- Dataset records:
_ _ _ _ _ _ _

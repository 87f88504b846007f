//! The lines that report one or several events.

ghost use Rattle.std.specs.Prelude.{◌≡◌, ◌++◌, ◌∷◌, [], option_to_list, OnOk, OnErr};
ghost use Rattle.std.specs.List.{flat_map};
ghost use Rattle.fabric_book.specs.Told.{line_if};

use common_values::memory::OutOfMemory;
use net_state::line::Line;
use std::alloc::Global;
use std::marker::Model;

/// The lines that report one or several events, in order. Contracts see them as a list.
#[derive(Drop)]
pub struct Lines {
    lines: Vec<Line>,
}

impl Model for Lines {
    ghost use Rattle.std.specs.Prelude.{List};
    ghost use Rattle.net_state.specs.declared.line.Line.{Line};

    ghost Value = { List Line };

    ghost view = { λ l. l.lines.items };
}

impl Lines {
    /// Creates an empty list without allocating. `alloc` is kept for later lines.
    pub fn new(alloc: Global) -> Self
        ensures { result ≡ [] }
    {
        Lines {
            lines: Vec::new(alloc),
        }
    }

    /// Returns the lines in their order.
    pub fn as_slice(&self) -> &[Line]
        ensures { result.now ≡ self.now }
    {
        &self.lines
    }

    /// Removes all lines, and keeps their memory.
    pub fn clear(&mut self)
        ensures { self.new ≡ [] }
    {
        self.lines.clear();
    }

    /// Adds `line` at the end.
    ///
    /// # Errors
    /// `OutOfMemory`. The lines are then unchanged.
    pub fn push(&mut self, line: Line) -> Result<(), OutOfMemory>
        ensures ok { OnOk result (self.new ≡ self.old ++ line ∷ []) }
        ensures err { OnErr result (self.new ≡ self.old) }
    {
        // As a slice of one, since rattle has no borrow checker's part for `push_reserved` at this type.
        self.lines.extend_from_slice(&[line])?;
        Ok(())
    }

    // Adds a line at the end, if there is one.
    pub(crate) fn push_some(&mut self, line: Option<Line>) -> Result<(), OutOfMemory>
        ensures { OnOk result (self.new ≡ self.old ++ option_to_list line) }
    {
        match line {
            Some(line) => self.push(line),
            None => Ok(()),
        }
    }

    /// Adds those lines of `told` that exist at the end.
    ///
    /// # Errors
    /// `OutOfMemory`. Which lines there are then is unspecified.
    pub fn push_all(&mut self, told: &[Option<Line>]) -> Result<(), OutOfMemory>
        ensures { OnOk result (self.new ≡ self.old ++ flat_map option_to_list told.now) }
    {
        'lines: for line in told {
            self.push_some(*line)?;
        }
        Ok(())
    }

    // Adds `line` at the end if `so` is true.
    pub(crate) fn push_if(&mut self, so: bool, line: Line) -> Result<(), OutOfMemory>
        ensures { OnOk result (self.new ≡ self.old ++ line_if so line) }
    {
        if so { self.push(line) } else { Ok(()) }
    }
}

_ _ _ _ _ _ _

- Aim of the task:
The lines above that include "events" should each be listed.

- Result for this exercise:
//! The lines that report one or several events.
/// The lines that report one or several events, in order. Contracts see them as a list.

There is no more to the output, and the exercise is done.